What the exercise asks - Beginning with the very first line, please reproduce the entries exactly through the line containing "use std::io::Eprint;".

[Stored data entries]

☆ ☆ ☆ ☆

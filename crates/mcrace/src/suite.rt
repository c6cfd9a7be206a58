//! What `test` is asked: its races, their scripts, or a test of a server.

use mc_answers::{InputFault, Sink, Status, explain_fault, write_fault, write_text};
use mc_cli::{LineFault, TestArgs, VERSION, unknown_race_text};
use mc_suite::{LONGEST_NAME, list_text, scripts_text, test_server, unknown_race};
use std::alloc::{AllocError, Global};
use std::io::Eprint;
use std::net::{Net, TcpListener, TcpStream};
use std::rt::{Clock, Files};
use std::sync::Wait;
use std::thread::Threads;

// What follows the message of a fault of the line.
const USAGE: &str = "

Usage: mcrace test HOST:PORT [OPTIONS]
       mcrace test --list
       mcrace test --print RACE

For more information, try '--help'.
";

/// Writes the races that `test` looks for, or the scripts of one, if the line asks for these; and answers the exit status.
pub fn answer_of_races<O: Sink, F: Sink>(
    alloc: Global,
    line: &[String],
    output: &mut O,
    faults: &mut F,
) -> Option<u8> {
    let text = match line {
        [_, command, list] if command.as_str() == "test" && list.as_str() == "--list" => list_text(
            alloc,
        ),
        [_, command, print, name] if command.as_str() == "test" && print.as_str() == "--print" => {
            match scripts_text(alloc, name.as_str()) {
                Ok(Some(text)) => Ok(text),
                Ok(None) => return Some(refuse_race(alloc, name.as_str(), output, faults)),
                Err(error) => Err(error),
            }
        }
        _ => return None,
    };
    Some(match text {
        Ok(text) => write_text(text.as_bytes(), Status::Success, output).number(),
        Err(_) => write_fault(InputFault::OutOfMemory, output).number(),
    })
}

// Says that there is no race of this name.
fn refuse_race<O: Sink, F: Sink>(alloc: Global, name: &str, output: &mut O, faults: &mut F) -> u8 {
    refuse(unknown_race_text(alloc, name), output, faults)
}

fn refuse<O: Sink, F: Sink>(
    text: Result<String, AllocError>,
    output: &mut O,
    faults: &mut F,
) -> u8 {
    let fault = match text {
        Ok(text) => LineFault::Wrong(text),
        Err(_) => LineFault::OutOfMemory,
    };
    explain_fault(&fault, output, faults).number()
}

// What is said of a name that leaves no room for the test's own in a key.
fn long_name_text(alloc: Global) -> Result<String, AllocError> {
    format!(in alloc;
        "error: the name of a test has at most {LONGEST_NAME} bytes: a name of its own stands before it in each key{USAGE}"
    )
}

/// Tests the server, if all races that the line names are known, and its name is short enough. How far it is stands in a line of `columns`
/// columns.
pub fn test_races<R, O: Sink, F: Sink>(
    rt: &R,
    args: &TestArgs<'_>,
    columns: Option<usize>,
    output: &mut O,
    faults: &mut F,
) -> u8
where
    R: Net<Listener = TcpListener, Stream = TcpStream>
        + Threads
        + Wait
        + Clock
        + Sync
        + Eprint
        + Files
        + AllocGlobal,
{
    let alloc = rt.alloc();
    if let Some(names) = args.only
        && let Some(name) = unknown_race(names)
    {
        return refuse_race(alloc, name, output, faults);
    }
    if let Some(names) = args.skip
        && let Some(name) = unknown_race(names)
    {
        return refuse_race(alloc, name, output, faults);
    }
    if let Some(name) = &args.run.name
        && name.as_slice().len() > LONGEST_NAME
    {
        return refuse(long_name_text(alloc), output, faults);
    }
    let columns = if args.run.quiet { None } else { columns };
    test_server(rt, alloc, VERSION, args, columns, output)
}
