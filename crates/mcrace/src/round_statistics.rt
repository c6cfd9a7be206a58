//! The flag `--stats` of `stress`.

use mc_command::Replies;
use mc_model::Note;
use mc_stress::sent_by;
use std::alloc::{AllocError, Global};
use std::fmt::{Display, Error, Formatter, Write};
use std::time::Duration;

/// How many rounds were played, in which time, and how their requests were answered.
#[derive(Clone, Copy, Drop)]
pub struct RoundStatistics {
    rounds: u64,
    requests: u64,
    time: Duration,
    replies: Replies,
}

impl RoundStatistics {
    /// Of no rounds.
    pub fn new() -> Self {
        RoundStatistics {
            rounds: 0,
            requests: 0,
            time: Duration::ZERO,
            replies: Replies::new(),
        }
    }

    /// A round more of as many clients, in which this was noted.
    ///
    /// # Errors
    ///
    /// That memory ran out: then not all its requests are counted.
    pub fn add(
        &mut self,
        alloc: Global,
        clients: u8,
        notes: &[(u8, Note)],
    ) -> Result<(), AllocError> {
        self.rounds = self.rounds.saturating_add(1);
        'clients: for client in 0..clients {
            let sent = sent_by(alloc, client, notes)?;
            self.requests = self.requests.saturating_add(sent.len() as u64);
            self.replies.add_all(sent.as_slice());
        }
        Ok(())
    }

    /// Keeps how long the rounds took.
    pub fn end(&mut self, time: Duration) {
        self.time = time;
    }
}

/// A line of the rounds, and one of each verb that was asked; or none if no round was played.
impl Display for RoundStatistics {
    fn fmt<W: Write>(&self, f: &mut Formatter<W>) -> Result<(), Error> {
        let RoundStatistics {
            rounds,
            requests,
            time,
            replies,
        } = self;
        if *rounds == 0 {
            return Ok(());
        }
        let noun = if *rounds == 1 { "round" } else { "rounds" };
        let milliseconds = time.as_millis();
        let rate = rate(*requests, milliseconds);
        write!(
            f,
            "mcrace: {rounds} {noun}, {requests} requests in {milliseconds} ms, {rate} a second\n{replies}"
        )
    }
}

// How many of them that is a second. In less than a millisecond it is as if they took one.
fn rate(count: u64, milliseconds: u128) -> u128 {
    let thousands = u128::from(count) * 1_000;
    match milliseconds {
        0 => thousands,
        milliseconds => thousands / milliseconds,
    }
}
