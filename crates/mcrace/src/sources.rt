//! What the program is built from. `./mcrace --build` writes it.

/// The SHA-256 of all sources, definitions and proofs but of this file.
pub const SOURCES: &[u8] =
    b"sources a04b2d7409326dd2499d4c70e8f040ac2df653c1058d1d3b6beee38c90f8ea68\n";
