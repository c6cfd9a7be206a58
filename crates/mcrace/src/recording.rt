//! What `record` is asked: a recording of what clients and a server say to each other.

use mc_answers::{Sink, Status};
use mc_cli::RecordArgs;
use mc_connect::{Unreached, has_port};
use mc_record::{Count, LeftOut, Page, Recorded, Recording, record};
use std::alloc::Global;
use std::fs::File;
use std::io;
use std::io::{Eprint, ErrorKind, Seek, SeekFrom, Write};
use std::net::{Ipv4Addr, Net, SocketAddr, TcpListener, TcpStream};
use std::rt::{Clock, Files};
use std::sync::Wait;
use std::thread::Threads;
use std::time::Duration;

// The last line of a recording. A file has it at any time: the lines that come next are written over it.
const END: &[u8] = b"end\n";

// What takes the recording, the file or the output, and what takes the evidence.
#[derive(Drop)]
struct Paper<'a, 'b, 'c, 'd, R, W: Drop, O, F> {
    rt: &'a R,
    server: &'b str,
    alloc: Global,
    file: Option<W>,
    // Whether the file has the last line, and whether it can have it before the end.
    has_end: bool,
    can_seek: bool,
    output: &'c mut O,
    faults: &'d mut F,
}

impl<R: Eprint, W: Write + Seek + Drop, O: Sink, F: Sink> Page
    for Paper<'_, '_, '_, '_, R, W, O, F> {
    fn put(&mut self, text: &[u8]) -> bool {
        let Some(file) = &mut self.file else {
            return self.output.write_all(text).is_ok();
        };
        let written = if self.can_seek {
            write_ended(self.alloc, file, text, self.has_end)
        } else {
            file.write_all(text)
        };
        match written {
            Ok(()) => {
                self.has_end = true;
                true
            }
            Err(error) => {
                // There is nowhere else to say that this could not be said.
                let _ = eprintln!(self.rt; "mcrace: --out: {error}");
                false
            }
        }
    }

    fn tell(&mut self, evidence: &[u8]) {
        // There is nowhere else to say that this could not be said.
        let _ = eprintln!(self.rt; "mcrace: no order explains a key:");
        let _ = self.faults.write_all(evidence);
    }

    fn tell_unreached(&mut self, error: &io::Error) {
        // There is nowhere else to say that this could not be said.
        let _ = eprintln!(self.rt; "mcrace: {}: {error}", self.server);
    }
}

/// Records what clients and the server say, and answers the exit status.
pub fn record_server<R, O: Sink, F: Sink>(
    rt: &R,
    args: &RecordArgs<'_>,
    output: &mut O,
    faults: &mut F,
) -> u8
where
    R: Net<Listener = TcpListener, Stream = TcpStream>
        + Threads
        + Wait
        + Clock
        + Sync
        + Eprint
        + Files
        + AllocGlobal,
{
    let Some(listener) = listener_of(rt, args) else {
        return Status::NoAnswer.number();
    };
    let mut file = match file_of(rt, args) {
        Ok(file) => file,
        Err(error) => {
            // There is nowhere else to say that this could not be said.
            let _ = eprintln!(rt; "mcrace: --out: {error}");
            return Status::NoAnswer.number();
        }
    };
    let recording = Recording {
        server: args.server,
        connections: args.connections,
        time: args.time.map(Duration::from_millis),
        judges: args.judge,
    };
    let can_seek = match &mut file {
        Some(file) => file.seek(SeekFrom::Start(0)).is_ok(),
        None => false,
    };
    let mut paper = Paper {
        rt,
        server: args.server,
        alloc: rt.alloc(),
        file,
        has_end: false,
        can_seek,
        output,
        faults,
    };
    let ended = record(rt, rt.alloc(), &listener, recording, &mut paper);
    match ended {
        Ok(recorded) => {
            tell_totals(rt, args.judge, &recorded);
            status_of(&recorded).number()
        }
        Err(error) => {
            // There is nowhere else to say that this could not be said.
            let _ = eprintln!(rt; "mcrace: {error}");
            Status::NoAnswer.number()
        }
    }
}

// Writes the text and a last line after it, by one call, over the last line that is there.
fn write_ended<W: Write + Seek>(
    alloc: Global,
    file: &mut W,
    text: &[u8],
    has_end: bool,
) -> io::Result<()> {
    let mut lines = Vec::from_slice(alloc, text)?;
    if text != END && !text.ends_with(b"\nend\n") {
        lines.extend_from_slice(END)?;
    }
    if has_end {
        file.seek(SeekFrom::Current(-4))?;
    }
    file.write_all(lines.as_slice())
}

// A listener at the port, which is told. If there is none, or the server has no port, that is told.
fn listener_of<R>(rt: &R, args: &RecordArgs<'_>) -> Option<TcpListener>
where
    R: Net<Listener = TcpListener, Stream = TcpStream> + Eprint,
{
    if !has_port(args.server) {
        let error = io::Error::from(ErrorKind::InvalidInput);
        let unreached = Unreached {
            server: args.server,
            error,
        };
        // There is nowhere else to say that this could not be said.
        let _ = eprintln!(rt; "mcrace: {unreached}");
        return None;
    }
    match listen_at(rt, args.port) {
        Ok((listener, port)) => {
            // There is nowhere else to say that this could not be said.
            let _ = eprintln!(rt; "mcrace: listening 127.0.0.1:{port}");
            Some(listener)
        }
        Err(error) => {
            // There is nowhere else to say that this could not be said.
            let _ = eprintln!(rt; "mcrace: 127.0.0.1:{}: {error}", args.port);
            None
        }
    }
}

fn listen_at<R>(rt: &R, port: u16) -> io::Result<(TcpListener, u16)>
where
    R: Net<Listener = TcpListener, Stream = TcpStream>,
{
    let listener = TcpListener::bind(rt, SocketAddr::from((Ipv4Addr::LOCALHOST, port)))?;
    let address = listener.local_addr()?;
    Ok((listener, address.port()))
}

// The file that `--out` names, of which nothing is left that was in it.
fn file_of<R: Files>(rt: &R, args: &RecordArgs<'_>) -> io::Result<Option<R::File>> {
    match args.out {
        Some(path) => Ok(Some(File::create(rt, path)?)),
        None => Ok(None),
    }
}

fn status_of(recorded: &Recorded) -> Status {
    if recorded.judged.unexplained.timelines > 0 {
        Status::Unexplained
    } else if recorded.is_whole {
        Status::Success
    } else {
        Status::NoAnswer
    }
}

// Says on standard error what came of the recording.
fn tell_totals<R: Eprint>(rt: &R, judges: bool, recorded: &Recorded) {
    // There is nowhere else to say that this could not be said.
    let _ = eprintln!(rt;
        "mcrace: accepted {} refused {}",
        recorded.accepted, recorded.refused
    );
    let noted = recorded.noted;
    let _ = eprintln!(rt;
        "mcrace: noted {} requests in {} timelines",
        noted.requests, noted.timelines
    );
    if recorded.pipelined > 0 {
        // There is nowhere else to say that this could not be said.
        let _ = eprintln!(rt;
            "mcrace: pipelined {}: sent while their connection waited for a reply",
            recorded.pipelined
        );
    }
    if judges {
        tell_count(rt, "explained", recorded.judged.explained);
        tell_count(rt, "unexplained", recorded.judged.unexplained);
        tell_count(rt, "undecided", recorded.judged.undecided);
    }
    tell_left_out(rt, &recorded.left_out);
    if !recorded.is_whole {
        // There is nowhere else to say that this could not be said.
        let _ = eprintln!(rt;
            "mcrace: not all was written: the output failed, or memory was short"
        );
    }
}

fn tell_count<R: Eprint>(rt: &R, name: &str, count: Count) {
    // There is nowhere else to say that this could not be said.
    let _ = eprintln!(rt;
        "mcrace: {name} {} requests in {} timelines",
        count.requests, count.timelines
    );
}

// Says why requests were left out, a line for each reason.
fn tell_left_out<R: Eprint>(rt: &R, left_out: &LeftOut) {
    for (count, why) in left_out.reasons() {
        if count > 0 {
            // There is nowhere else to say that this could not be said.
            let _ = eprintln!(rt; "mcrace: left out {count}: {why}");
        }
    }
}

☆ ☆ ☆ ☆

Solution to this problem -
filename crates/mcrace/src/suite.rt
repository c6cfd9a7be206a58
//! What `test` is asked: its races, their scripts, or a test of a server.

use mc_answers::{InputFault, Sink, Status, explain_fault, write_fault, write_text};
use mc_cli::{LineFault, TestArgs, VERSION, unknown_race_text};
use mc_suite::{LONGEST_NAME, list_text, scripts_text, test_server, unknown_race};
use std::alloc::{AllocError, Global};
use std::io::Eprint;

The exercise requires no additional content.